Only a number is wanted here, namely how many lines of the data contain the string "refused".

··· Records to process

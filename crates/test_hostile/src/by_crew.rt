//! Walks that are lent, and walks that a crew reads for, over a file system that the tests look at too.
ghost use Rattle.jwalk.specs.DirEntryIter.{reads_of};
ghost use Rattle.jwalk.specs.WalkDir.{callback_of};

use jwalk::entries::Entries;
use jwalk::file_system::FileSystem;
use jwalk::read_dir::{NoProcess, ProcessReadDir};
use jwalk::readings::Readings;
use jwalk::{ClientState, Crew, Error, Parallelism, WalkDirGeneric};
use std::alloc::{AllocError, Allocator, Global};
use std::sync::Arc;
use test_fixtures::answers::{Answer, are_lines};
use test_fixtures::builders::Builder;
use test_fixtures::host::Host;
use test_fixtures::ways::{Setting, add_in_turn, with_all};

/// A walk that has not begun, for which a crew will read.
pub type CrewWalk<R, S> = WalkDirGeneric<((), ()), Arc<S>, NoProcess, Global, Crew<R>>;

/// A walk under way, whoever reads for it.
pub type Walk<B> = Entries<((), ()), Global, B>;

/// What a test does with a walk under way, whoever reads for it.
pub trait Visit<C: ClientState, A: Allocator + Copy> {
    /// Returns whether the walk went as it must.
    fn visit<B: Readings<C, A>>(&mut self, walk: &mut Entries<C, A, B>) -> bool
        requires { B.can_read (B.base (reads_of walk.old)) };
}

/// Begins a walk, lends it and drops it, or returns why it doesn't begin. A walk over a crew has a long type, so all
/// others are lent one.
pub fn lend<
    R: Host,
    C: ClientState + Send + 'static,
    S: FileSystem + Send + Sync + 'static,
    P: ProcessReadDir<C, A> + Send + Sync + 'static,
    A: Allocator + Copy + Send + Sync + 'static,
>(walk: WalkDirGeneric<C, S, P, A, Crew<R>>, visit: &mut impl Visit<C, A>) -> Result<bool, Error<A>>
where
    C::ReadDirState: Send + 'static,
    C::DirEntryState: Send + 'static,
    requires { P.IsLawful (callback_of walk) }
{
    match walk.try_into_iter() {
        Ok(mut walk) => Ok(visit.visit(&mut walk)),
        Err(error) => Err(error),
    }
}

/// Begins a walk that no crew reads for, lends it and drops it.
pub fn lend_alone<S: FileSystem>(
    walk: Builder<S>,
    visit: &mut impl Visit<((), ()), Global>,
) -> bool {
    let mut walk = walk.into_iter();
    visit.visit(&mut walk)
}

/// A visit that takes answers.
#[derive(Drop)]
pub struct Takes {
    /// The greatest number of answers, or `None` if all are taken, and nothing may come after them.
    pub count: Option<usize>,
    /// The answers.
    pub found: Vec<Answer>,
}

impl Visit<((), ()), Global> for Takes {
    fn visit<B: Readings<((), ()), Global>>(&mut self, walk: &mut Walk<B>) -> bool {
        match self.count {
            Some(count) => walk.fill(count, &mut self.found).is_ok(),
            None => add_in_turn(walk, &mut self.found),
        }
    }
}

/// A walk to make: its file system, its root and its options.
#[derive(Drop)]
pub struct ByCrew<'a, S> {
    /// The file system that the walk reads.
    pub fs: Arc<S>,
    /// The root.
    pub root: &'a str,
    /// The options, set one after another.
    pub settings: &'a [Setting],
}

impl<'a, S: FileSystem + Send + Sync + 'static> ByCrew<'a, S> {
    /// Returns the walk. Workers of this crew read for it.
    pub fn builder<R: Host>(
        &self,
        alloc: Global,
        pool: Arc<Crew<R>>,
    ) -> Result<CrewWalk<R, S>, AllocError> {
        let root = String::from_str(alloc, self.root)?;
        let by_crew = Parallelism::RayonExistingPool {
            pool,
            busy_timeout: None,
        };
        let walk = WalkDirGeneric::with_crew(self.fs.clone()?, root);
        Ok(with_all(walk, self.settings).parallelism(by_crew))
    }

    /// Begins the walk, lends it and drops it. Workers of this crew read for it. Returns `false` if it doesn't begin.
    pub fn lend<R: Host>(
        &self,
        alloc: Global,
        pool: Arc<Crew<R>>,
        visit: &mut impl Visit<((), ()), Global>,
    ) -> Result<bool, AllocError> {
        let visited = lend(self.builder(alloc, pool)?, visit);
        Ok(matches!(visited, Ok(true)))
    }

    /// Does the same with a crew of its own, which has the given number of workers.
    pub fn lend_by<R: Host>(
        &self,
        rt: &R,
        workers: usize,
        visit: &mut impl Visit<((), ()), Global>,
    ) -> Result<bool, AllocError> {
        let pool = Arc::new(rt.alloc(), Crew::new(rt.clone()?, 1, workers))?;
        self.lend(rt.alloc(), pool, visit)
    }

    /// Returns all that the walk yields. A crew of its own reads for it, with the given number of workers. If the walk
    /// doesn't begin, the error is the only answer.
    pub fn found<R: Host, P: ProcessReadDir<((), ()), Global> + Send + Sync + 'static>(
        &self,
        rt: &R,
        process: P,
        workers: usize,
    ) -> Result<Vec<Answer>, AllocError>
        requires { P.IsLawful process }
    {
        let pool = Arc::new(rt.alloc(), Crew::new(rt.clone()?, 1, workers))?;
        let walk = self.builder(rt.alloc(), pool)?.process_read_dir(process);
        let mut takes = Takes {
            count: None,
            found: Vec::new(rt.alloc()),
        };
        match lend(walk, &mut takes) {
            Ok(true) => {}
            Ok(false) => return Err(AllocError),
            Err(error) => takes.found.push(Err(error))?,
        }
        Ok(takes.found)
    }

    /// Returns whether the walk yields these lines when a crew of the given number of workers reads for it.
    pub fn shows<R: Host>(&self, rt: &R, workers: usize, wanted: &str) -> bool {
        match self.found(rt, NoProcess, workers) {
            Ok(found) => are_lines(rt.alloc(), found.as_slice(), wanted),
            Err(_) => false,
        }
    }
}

······
··· Records to process

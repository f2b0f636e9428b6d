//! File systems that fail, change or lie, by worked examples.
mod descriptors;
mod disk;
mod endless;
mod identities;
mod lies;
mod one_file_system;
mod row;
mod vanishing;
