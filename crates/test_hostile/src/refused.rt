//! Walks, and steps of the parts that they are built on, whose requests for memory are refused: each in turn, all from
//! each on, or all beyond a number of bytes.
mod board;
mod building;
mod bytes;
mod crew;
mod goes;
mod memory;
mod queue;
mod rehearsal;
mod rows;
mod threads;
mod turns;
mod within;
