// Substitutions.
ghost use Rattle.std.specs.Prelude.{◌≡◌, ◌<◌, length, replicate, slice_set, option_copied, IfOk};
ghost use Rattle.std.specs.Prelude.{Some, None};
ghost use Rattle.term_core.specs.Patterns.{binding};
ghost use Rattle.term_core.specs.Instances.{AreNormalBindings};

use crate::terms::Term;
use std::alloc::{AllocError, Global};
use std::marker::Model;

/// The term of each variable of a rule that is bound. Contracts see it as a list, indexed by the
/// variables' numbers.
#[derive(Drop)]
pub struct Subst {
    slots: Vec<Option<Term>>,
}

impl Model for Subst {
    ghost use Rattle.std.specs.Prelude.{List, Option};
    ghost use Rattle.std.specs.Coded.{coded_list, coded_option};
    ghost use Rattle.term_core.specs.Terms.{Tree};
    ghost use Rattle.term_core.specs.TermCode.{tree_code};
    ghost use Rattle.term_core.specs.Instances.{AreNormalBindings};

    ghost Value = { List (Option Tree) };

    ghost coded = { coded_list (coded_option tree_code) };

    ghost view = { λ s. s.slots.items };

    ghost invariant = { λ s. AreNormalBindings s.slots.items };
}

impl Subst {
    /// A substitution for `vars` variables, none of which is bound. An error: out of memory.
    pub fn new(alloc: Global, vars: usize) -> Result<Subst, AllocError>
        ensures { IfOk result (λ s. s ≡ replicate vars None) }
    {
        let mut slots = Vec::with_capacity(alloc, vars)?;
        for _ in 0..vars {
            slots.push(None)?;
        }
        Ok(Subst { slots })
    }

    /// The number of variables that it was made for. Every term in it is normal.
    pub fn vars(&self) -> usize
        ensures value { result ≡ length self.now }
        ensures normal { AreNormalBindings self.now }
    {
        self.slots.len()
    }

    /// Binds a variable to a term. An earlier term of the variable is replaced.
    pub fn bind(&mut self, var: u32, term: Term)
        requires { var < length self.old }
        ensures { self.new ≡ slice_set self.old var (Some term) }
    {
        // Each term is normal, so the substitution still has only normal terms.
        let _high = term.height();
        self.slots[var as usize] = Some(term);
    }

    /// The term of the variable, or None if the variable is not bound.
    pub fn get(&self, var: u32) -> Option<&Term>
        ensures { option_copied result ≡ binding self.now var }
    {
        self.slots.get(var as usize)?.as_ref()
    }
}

······

§ **Response to the exercise**
2